Inquiets de voir Monsanto éventuellement les attaquer en justice pour l’utilisation de semences génétiquement modifiées et brevetées qui auraient contaminé leurs cultures, des exploitants bio américains poursuivent le géant de l’agrochimie dans un procès "préventif".

La plainte est portée par des agriculteurs bio et des producteurs de semences venus de tous les Etats-Unis, inquiets de voir leurs champs peut-être, un jour, "contaminés" par des OGM vendus par Monsanto. La grande majorité des cultures de céréales est de source OGM aux Etats-Unis : les semences sont brevetées et les agriculteurs doivent souscrire un contrat avec Monsanto pour les planter. Le contrat doit être renouvelé chaque année. En 2012, selon le ministère de l’Agriculture, 88% du maïs et 93% du soja plantés aux Etats-Unis étaient génétiquement modifiés. Les plaignants craignent qu’en cas de contamination, Monsanto ne porte plainte contre eux pour violation de brevets, puisque les agriculteurs utiliseraient, sans le vouloir, une semence brevetée.

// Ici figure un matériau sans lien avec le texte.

//! A demangled symbol, and how it is read.
ghost use Rattle.std.specs.Prelude.{◌≡◌, ◌+◌, ◌-◌, ◌*◌, ◌≤◌, length, true, false, IsTrue, IsAscii, IfSome, IfNone, None};
ghost use Rattle.std.specs.List.{list_all};
ghost use Rattle.demangle_legacy.specs.Legacy.{legacy_of};
ghost use Rattle.demangle_sink.specs.Limit.{PrintsUpTo, Ready, unused};
ghost use Rattle.demangle_value.specs.Filtered.{is_run_byte};
ghost use Rattle.demangle_value.specs.PathEnds.{path_len_of};
ghost use Rattle.demangle_value.specs.Shape.{limited};
ghost use Rattle.demangle_value.specs.Stripped.{is_allowed, is_graphic, stripped};
ghost use Rattle.demangle_value.specs.Style.{style_texts, is_style_all, style_len, style_looks, style_looks_again, style_least, IsReadAs, HasNoStyle, HasStyle};
ghost use Rattle.demangle_value.specs.Symbols.{IsSymbol};
ghost use Rattle.demangle_v0_grammar.specs.V0.{v0_of};

pub mod printing;

use crate::format::TextFormat;
use crate::strip::without_thin_lto;
use demangle_sink::{SinkRefused, SizeLimitedFmtAdapter, TextSink};
use demangle_symbol::cursor::{Looks, Symbol};
use std::marker::Model;

/// The scheme of a symbol, and its parsed form.
#[derive(Drop)]
pub(crate) enum DemangleStyle<'a> {
    Legacy(demangle_legacy::Demangle<'a>),
    V0(demangle_v0::Demangle<'a>),
}

impl DemangleStyle<'_> {
    /// Prints the symbol without its suffix. The limit is that of the adapter. Fails if the sink or
    /// the limit rejects a piece.
    fn write_to<S: TextSink>(
        &self,
        out: &mut SizeLimitedFmtAdapter<'_, S>,
        format: TextFormat,
        looks: &mut Looks,
    ) -> Result<(), SinkRefused>
        requires ready { Ready S.TextSink out.old }
        requires same { out.old.reread ≡ unused format.reread }
        ensures prints { PrintsUpTo S.TextSink out.old (style_texts (limited format) self.now)
            (is_style_all (limited format) self.now) result out.new }
        ensures grows { looks.old ≤ looks.new }
        ensures most { looks.new ≤ looks.old
            + style_looks (limited format) out.old.remaining self.now }
        ensures again { looks.new ≤ looks.old + style_looks_again (limited format) self.now }
        ensures few { IfSome format.reread (λ k. looks.new ≤ looks.old
            + 20 * (style_len self.now + 1 + k)) }
        ensures least { looks.old + style_least self.now ≤ looks.new }
    {
        match self {
            DemangleStyle::Legacy(symbol) => symbol.write_to(out, format.form, looks),
            DemangleStyle::V0(symbol) => symbol.write_to(out, format.form, looks),
        }
    }
}

/// A text that is demangled if it is a Rust symbol. It prints the path that the symbol names. A
/// text that is not a symbol prints unchanged.
#[derive(Drop)]
pub struct Demangle<'a> {
    style: Option<DemangleStyle<'a>>,
    original: &'a str,
    suffix: &'a str,
}

impl<'a> Model for Demangle<'a> {
    ghost use Rattle.std.specs.Prelude.{ℕ, List};

    ghost Value = { List ℕ };

    ghost use Rattle.demangle_value.specs.Style.{IsStyled};

    ghost view = { λ d. d.original.now };

    ghost invariant = { λ d. IsStyled d.style d.original.now d.suffix.now };
}

impl<'a> Demangle<'a> {
    /// Returns the original symbol without the suffix that ThinLTO appends.
    pub fn as_str(&self) -> &'a str
        ensures { result.now ≡ self.now }
    {
        self.original
    }

    /// Returns the number of bytes before the symbol's suffix, or 0 if the text is not a symbol.
    ///
    /// `write_with_path_len` uses it to print the symbol without parsing the end of its path again.
    pub fn path_len(&self) -> usize
        ensures { result ≡ path_len_of self.now }
    {
        match &self.style {
            Some(_) => self.original.len() - self.suffix.len(),
            None => 0,
        }
    }
}

/// Returns whether a byte is a printable ASCII character other than a space.
fn is_graphic(byte: u8) -> bool
    ensures { result ≡ is_graphic byte }
{
    matches!(byte, 0x21..=0x7E)
}

/// Returns whether a suffix is allowed: empty, or `.` followed only by graphic characters. It makes
/// at most one look for each byte.
#[tactic(auto, using(crate::proofs::SuffixLemmas::suffix_steps))]
pub(crate) fn is_allowed(suffix: &str, looks: &mut Looks) -> bool
    ensures allowed { result ≡ is_allowed suffix.now }
    ensures grows { looks.old ≤ looks.new }
    ensures most { looks.new ≤ looks.old + length suffix.now }
{
    let symbol = Symbol::new(suffix);
    if symbol.len() == 0 {
        return true;
    }
    if !symbol.is_at(b'.', 0, looks) {
        return false;
    }
    for at in 1..symbol.len() {
        let Some(byte) = symbol.byte(at, looks) else {
            return false;
        };
        if !is_graphic(byte) {
            return false;
        }
    }
    true
}

/// Parses a text in one of the schemes, and returns the symbol and the rest of the text. Returns
/// `None` if neither scheme accepts it. `is_ascii` says that the text is known to be ASCII.
fn read_style<'a>(
    text: &'a str,
    is_ascii: bool,
    looks: &mut Looks,
) -> Option<(DemangleStyle<'a>, &'a str)>
    requires { IsTrue is_ascii → IsAscii text.now }
    ensures some { IfSome result (λ r. IsReadAs text.now r.0 r.1.now) }
    ensures inner { IfSome result (λ r. style_len r.0 ≤ length text.now) }
    ensures none { IfNone result ((legacy_of text.now ≡ None) × (v0_of text.now ≡ None)) }
    ensures grows { looks.old ≤ looks.new }
    ensures most { looks.new ≤ looks.old + 60 * (length text.now + 1) }
    ensures least { is_ascii ≡ false →
        IfSome result (λ _. looks.old + (length text.now - 4) ≤ looks.new) }
{
    // No text has a prefix of both schemes, so the order does not change what is printed. The
    // prefixes of v0 are recognized from fewer bytes.
    if let Ok((symbol, suffix)) = demangle_v0::demangle(text, is_ascii, looks) {
        return Some((DemangleStyle::V0(symbol), suffix));
    }
    match demangle_legacy::demangle(text, is_ascii, looks) {
        Ok((symbol, suffix)) => Some((DemangleStyle::Legacy(symbol), suffix)),
        Err(()) => None,
    }
}

impl<'a> Demangle<'a> {
    /// Returns a text that is not a symbol.
    pub(crate) fn without_style(text: &'a str) -> Demangle<'a>
        requires { HasNoStyle text.now }
        ensures { result ≡ text.now }
    {
        Demangle {
            style: None,
            original: text,
            suffix: "",
        }
    }

    /// Returns the symbol that a scheme parses a text to, or the text as it is if the suffix is not
    /// allowed.
    pub(crate) fn with_style(
        text: &'a str,
        style: DemangleStyle<'a>,
        suffix: &'a str,
        allowed: bool,
    ) -> Demangle<'a>
        requires read { IsReadAs text.now style suffix.now }
        requires inner { style_len style ≤ length text.now }
        requires allowed { allowed ≡ is_allowed suffix.now }
        ensures { result ≡ text.now }
    {
        if !allowed {
            return Demangle::without_style(text);
        }
        Demangle {
            style: Some(style),
            original: text,
            suffix,
        }
    }

    /// Parses a text as a symbol, and keeps it as it is if it is not one. `is_ascii` says that it
    /// is known to be ASCII.
    pub(crate) fn read(text: &'a str, is_ascii: bool, looks: &mut Looks) -> Demangle<'a>
        requires { IsTrue is_ascii → IsAscii text.now }
        ensures text { result ≡ text.now }
        ensures grows { looks.old ≤ looks.new }
        ensures most { looks.new ≤ looks.old + 61 * (length text.now + 1) }
        ensures least { is_ascii ≡ false → IsSymbol text.now →
            looks.old + (length text.now - 4) ≤ looks.new }
    {
        let Some((style, suffix)) = read_style(text, is_ascii, looks) else {
            return Demangle::without_style(text);
        };
        let allowed = is_allowed(suffix, looks);
        Demangle::with_style(text, style, suffix, allowed)
    }
}

// Free functions for the crate above, which does not export them. A method would be public there too.

/// Parses a run as a symbol, and counts its looks. Keeps it as it is if it is not one. A run is
/// ASCII.
pub fn read_run<'a>(run: &'a str, looks: &mut Looks) -> Demangle<'a>
    requires { list_all is_run_byte run.now ≡ true }
    ensures text { result ≡ stripped run.now }
    ensures grows { looks.old ≤ looks.new }
    ensures most { looks.new ≤ looks.old + 61 * (length run.now + 1) }
{
    Demangle::read(without_thin_lto(run), true, looks)
}

/// Returns whether a text is a symbol.
pub fn has_style(text: &Demangle<'_>) -> bool
    ensures yes { IsTrue result → IsSymbol text.now }
    ensures no { result ≡ false → IsSymbol text.now → ⊥ }
{
    text.style.is_some()
}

Monsanto a gagné en première instance à New York en février, la juge qualifiant certains aspects de la plainte de "déraisonnables". Mais les agriculteurs ont fait appel, une audience qui s’est tenue jeudi à Washington. A l’extérieur de la cour d’appel, quelques dizaines d’exploitants s’étaient retrouvés pour mettre en garde l’opinion sur les dangers pesant sur leurs exploitations. Selon leur avocat, Daniel Ravicher, il s’agit "d’obtenir un précédent pour protéger les autres à l’avenir".

Thomas Helsher, un responsable de Monsanto, a fermement rejeté l’idée que Monsanto intenterait le genre de procès décrits dans la plainte : "Les agriculteurs qui ne s’intéressent pas aux semences brevetées de Monsanto n’ont rationnellement pas à craindre de procès de la part de Monsanto, toute affirmation contraire étant, pour citer le tribunal de première instance, sans justification". Le professeur de droit Paul Heald estime quant à lui qu’il serait très difficile pour Monsanto de faire condamner un agriculteur qui utiliserait sans le vouloir des semences brevetées.

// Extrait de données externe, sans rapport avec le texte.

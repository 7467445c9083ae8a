//! Test doubles: readers and writers in memory that fail on demand or record their calls, and a
//! sink that rejects a piece.
#![tactic(auto)]

mod refusing_sink;
pub mod streams;

pub use refusing_sink::RefusingSink;
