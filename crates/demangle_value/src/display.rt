//! Formats a demangled symbol.
ghost use Rattle.std.specs.Prelude.{Some, true, not};
ghost use Rattle.std.specs.Fmt.{DisplaysOnOk, WritesStyledOnOk, formatter_spec, spec_alternate};
ghost use Rattle.demangle_value.specs.Symbols.{printed};

use crate::coalescing::write_coalesced;
use crate::value::Demangle;
use demangle_sink::FmtSink;
use std::fmt;

/// Prints with the hash, and with `{:#}` without it. Width, fill, sign and precision have no
/// effect.
///
/// The formatter gets several pieces of the text at once. Fails if it rejects a part. It then got a
/// prefix of the text.
impl fmt::Display for Demangle<'_> {
    ghost output = { λ symbol. Some (printed symbol true) };

    ghost styled_output = { λ symbol spec. Some (printed symbol (not (spec_alternate spec))) };

    fn fmt<W: fmt::Write>(&self, f: &mut fmt::Formatter<W>) -> fmt::Result {
        let include_hash = !f.alternate();
        let mut sink = FmtSink::new(f);
        match write_coalesced(self, &mut sink, include_hash) {
            Ok(()) => Ok(()),
            Err(_) => Err(fmt::Error),
        }
    }
}

/// Prints as `Display` does, whatever the options.
impl fmt::Debug for Demangle<'_> {
    ghost debug_output = { λ symbol. Some (printed symbol true) };

    fn fmt<W: fmt::Write>(&self, f: &mut fmt::Formatter<W>) -> fmt::Result
        ensures writes { DisplaysOnOk W.write_str_gives f.old result
            (Some (printed self.now true)) f.new }
        ensures styled { WritesStyledOnOk W.write_str_gives f.old result
            (printed self.now (not (spec_alternate (formatter_spec f.old)))) f.new }
    {
        fmt::Display::fmt(self, f)
    }
}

"Légumes en voie d’extinction"

Mais les partisans du bio vont plus loin et remettent en cause la validité, pourtant entérinée depuis les années 1980, du brevetage des semences génétiquement modifiées, au même titre que n’importe quelle autre invention. "Il est immoral que des entreprises volent au peuple le droit aux semences, et qu’elles les brevettent", argumente Jim Gerritsen, agriculteur dans le Maine et président de la principale association de plaignants.

Monsanto vend des semences OGM créées pour résister au pesticide Round Up vendu aussi par la firme. Si les agriculteurs conservaient ces semences d’une année sur l’autre, Monsanto perdrait tout son chiffre d’affaires. "Comme ses produits sont plutôt simples à répliquer, que ce soit les semences ou les produits chimiques, ses fortes marges dépendent de ses brevets", explique Dennis Crouch, spécialiste du droit des brevets et professeur de droit à l’Université du Missouri : "Monsanto surveille les grandes exploitations pour s’assurer que les agriculteurs ne violent ni brevets ni contrats".

Dans une autre affaire, qui sera examinée le 19 février à la Cour suprême, un agriculteur est poursuivi pour avoir replanté des semences résistantes aux herbicides d’une saison sur l’autre. Le dossier est complexe, car Vernon Hugh Bowman a en fait mélangé des semences achetées à Monsanto et d’autres acquises à un producteur local. Si Monsanto remporte ces deux affaires, les partisans du bio entendent se battre hors des tribunaux pour défendre le bio et ce que l’agricultrice Sophie Maravell appelle les "légumes en voie d’extinction" - un paradoxe, alors que la consommation de bio affiche une croissance à deux chiffres chaque année aux Etats-Unis.